• _TASK INPUT_
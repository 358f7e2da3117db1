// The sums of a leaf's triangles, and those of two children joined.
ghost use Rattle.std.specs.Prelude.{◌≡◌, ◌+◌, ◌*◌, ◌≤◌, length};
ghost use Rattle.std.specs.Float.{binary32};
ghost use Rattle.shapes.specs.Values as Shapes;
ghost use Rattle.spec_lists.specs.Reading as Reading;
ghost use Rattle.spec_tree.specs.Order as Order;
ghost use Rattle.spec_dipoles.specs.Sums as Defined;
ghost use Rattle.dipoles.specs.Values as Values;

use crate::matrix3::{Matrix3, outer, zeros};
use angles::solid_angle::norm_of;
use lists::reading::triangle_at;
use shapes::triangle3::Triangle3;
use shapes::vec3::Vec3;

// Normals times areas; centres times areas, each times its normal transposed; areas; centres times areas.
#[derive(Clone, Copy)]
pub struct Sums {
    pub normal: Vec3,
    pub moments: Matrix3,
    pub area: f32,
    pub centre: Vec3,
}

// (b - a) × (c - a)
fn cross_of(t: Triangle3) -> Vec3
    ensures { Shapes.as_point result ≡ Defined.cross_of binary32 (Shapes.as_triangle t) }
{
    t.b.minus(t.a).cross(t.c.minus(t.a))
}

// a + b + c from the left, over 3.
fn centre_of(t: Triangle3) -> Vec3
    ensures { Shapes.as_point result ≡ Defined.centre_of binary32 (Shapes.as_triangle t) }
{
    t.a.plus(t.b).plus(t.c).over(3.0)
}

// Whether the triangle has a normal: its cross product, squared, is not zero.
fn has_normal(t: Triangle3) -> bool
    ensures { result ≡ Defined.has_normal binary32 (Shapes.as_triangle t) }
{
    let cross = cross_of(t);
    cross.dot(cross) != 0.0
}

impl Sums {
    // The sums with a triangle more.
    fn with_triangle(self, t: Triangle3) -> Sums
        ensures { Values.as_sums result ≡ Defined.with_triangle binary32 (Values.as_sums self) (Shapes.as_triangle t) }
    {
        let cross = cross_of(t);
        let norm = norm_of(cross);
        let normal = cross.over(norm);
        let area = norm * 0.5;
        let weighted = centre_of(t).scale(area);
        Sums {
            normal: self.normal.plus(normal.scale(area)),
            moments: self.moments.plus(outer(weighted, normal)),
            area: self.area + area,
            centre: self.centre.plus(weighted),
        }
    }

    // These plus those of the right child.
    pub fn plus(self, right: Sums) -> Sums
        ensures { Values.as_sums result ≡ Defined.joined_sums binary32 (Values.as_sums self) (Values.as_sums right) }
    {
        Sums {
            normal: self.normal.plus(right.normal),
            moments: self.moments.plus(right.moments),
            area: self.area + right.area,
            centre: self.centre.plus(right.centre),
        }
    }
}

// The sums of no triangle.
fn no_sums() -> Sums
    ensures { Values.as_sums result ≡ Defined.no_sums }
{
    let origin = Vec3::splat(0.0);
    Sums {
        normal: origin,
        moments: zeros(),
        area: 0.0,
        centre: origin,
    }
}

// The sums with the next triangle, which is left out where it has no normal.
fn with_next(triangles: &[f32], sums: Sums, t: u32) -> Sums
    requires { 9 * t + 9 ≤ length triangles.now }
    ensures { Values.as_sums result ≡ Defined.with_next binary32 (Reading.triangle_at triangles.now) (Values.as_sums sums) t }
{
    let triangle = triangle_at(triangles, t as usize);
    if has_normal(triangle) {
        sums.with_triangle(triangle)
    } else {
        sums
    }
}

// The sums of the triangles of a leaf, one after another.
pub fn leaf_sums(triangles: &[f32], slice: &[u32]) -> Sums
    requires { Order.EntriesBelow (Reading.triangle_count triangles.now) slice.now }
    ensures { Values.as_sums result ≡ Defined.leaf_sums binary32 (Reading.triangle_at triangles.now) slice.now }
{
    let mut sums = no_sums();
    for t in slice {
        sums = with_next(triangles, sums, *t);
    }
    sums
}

• _YOUR INSTRUCTIONS_
Above are some lines. Repeat exactly, and only, those from the line that has "t.b.minus(t.a).cross(t.c.minus(t.a))" through the line that has "fn with_next(triangles: &[f32], sums: Sums, t: u32)".

• _ANSWER SECTION_
    t.b.minus(t.a).cross(t.c.minus(t.a))
}

// a + b + c from the left, over 3.
fn centre_of(t: Triangle3) -> Vec3
    ensures { Shapes.as_point result ≡ Defined.centre_of binary32 (Shapes.as_triangle t) }
{
    t.a.plus(t.b).plus(t.c).over(3.0)
}

// Whether the triangle has a normal: its cross product, squared, is not zero.
fn has_normal(t: Triangle3) -> bool
    ensures { result ≡ Defined.has_normal binary32 (Shapes.as_triangle t) }
{
    let cross = cross_of(t);
    cross.dot(cross) != 0.0
}

impl Sums {
    // The sums with a triangle more.
    fn with_triangle(self, t: Triangle3) -> Sums
        ensures { Values.as_sums result ≡ Defined.with_triangle binary32 (Values.as_sums self) (Shapes.as_triangle t) }
    {
        let cross = cross_of(t);
        let norm = norm_of(cross);
        let normal = cross.over(norm);
        let area = norm * 0.5;
        let weighted = centre_of(t).scale(area);
        Sums {
            normal: self.normal.plus(normal.scale(area)),
            moments: self.moments.plus(outer(weighted, normal)),
            area: self.area + area,
            centre: self.centre.plus(weighted),
        }
    }

    // These plus those of the right child.
    pub fn plus(self, right: Sums) -> Sums
        ensures { Values.as_sums result ≡ Defined.joined_sums binary32 (Values.as_sums self) (Values.as_sums right) }
    {
        Sums {
            normal: self.normal.plus(right.normal),
            moments: self.moments.plus(right.moments),
            area: self.area + right.area,
            centre: self.centre.plus(right.centre),
        }
    }
}

// The sums of no triangle.
fn no_sums() -> Sums
    ensures { Values.as_sums result ≡ Defined.no_sums }
{
    let origin = Vec3::splat(0.0);
    Sums {
        normal: origin,
        moments: zeros(),
        area: 0.0,
        centre: origin,
    }
}

// The sums with the next triangle, which is left out where it has no normal.
fn with_next(triangles: &[f32], sums: Sums, t: u32) -> Sums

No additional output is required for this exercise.